## WORK INSTRUCTIONS
Determine how many lines of the entries include the word "LentRow", and report that number with no further text.

-------------------------

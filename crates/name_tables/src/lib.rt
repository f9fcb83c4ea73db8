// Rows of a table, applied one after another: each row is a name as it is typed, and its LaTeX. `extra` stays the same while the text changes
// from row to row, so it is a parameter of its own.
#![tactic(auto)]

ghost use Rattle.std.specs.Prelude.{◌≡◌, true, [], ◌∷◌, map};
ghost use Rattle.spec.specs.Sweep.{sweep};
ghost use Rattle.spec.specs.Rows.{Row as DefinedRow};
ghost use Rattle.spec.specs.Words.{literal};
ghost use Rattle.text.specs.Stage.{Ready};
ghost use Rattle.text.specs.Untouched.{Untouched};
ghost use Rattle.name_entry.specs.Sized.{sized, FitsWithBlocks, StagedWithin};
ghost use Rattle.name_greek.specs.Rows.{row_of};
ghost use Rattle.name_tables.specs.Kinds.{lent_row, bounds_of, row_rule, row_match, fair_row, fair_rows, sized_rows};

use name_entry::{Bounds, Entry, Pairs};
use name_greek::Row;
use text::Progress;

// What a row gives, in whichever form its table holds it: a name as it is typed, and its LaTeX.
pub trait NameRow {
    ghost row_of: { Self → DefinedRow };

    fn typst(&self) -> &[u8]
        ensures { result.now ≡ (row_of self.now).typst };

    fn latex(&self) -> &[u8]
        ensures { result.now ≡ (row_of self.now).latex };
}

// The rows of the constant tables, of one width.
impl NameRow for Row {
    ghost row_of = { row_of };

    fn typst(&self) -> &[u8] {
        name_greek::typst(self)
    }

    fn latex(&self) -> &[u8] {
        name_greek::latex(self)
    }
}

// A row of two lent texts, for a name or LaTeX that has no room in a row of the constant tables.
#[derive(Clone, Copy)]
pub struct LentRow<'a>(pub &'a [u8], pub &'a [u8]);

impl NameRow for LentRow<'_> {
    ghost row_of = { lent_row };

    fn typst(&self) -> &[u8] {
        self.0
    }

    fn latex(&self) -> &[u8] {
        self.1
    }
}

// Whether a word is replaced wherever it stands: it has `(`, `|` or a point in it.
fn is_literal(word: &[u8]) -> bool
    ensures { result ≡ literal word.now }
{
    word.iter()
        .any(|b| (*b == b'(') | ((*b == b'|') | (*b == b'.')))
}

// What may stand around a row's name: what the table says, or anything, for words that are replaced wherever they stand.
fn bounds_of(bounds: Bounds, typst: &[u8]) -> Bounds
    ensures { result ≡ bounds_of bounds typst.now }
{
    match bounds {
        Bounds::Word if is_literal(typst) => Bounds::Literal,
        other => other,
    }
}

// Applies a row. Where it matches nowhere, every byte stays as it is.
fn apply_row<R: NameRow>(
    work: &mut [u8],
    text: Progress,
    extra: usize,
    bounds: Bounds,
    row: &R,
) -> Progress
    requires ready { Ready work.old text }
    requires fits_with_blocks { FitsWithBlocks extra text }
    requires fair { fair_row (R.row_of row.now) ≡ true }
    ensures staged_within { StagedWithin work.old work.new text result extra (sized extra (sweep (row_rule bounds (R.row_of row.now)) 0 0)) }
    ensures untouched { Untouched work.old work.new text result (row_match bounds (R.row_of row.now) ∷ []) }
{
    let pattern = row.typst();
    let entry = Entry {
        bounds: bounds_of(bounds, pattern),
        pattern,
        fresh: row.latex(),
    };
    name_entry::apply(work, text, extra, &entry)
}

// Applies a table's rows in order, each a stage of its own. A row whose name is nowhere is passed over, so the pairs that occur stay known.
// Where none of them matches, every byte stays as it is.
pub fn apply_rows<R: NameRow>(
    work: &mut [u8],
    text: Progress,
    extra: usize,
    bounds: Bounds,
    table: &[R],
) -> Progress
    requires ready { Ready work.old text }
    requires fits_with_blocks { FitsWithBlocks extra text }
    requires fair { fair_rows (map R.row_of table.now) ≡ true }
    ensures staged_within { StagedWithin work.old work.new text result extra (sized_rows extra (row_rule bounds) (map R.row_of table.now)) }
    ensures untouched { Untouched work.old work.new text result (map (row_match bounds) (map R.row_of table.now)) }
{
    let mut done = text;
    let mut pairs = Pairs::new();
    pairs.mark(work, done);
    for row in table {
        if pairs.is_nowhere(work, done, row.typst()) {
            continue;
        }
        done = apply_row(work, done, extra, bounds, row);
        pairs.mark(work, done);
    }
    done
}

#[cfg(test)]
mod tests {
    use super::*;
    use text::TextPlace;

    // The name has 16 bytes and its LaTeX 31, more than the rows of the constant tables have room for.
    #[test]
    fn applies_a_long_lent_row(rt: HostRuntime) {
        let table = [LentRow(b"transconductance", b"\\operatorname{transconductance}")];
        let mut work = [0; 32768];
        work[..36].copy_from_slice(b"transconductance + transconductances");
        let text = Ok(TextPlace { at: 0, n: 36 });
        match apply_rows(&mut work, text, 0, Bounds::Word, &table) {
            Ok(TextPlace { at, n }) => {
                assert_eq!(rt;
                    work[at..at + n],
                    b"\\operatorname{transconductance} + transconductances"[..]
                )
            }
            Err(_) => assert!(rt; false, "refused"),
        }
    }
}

-------------------------

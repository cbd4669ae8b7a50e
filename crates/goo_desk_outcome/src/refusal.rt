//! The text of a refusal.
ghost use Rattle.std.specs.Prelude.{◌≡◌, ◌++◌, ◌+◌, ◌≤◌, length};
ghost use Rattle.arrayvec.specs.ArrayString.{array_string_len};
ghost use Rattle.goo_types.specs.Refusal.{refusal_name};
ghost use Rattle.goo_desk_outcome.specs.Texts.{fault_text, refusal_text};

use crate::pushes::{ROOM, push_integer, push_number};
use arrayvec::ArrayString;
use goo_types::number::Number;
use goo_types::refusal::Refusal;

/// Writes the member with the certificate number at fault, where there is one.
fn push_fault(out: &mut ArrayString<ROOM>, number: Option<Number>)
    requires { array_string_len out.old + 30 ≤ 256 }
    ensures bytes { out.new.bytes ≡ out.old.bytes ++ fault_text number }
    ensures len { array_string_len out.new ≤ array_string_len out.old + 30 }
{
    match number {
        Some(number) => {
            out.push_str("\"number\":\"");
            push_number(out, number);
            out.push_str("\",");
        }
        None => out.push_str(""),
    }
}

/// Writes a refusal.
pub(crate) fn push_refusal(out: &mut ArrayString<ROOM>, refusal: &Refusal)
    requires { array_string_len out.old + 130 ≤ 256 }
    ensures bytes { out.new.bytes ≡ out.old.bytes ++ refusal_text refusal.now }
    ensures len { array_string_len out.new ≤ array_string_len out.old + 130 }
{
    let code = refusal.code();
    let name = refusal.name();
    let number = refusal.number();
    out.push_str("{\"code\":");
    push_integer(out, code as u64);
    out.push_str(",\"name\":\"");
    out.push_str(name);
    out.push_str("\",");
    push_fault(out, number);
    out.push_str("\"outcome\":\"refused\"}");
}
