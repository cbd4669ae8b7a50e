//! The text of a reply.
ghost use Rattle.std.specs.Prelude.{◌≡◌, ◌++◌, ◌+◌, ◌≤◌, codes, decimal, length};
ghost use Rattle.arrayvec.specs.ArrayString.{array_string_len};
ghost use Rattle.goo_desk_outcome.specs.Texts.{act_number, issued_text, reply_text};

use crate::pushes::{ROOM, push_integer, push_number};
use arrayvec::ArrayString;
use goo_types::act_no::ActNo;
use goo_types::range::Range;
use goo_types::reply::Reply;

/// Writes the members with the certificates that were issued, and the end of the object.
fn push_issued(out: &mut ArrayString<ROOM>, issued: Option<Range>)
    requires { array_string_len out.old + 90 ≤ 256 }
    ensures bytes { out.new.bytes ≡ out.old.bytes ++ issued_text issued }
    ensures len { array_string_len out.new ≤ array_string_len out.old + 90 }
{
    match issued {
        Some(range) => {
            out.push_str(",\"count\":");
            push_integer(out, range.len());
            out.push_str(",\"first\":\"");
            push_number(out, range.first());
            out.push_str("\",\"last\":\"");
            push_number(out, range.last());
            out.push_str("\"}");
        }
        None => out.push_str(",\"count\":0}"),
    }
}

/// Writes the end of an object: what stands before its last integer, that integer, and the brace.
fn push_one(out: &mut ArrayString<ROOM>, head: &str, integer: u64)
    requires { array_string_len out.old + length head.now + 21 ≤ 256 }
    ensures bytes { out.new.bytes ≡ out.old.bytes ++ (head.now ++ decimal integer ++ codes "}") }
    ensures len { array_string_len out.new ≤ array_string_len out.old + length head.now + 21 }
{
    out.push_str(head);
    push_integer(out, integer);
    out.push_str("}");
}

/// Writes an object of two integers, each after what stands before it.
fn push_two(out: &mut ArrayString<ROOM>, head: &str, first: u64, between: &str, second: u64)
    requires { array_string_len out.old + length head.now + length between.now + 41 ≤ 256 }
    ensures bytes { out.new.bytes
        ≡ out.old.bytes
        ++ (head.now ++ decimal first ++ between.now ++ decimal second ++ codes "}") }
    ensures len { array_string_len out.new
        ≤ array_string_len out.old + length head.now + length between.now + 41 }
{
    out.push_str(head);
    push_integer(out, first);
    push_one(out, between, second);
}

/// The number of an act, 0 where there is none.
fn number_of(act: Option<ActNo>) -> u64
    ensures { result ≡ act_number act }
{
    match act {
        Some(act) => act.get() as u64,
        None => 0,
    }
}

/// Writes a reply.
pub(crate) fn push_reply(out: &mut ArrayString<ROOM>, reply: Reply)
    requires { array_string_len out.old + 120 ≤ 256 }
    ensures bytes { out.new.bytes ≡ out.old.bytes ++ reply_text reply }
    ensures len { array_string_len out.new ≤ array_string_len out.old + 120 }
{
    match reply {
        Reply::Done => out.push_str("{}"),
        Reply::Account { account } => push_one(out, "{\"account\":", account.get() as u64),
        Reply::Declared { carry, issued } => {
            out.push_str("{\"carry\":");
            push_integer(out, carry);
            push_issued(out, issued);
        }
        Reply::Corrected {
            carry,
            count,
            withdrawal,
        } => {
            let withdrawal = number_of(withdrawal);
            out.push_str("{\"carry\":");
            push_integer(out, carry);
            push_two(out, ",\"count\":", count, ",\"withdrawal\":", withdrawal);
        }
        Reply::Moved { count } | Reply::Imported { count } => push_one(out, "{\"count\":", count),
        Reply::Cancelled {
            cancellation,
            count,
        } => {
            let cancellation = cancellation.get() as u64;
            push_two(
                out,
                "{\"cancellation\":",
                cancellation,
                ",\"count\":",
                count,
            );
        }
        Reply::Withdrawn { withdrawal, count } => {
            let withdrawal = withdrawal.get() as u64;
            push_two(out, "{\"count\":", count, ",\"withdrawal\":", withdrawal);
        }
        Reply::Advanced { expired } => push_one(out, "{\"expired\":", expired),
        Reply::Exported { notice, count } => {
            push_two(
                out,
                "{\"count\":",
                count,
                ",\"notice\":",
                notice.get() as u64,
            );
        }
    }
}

-------------------------

## ANSWER
3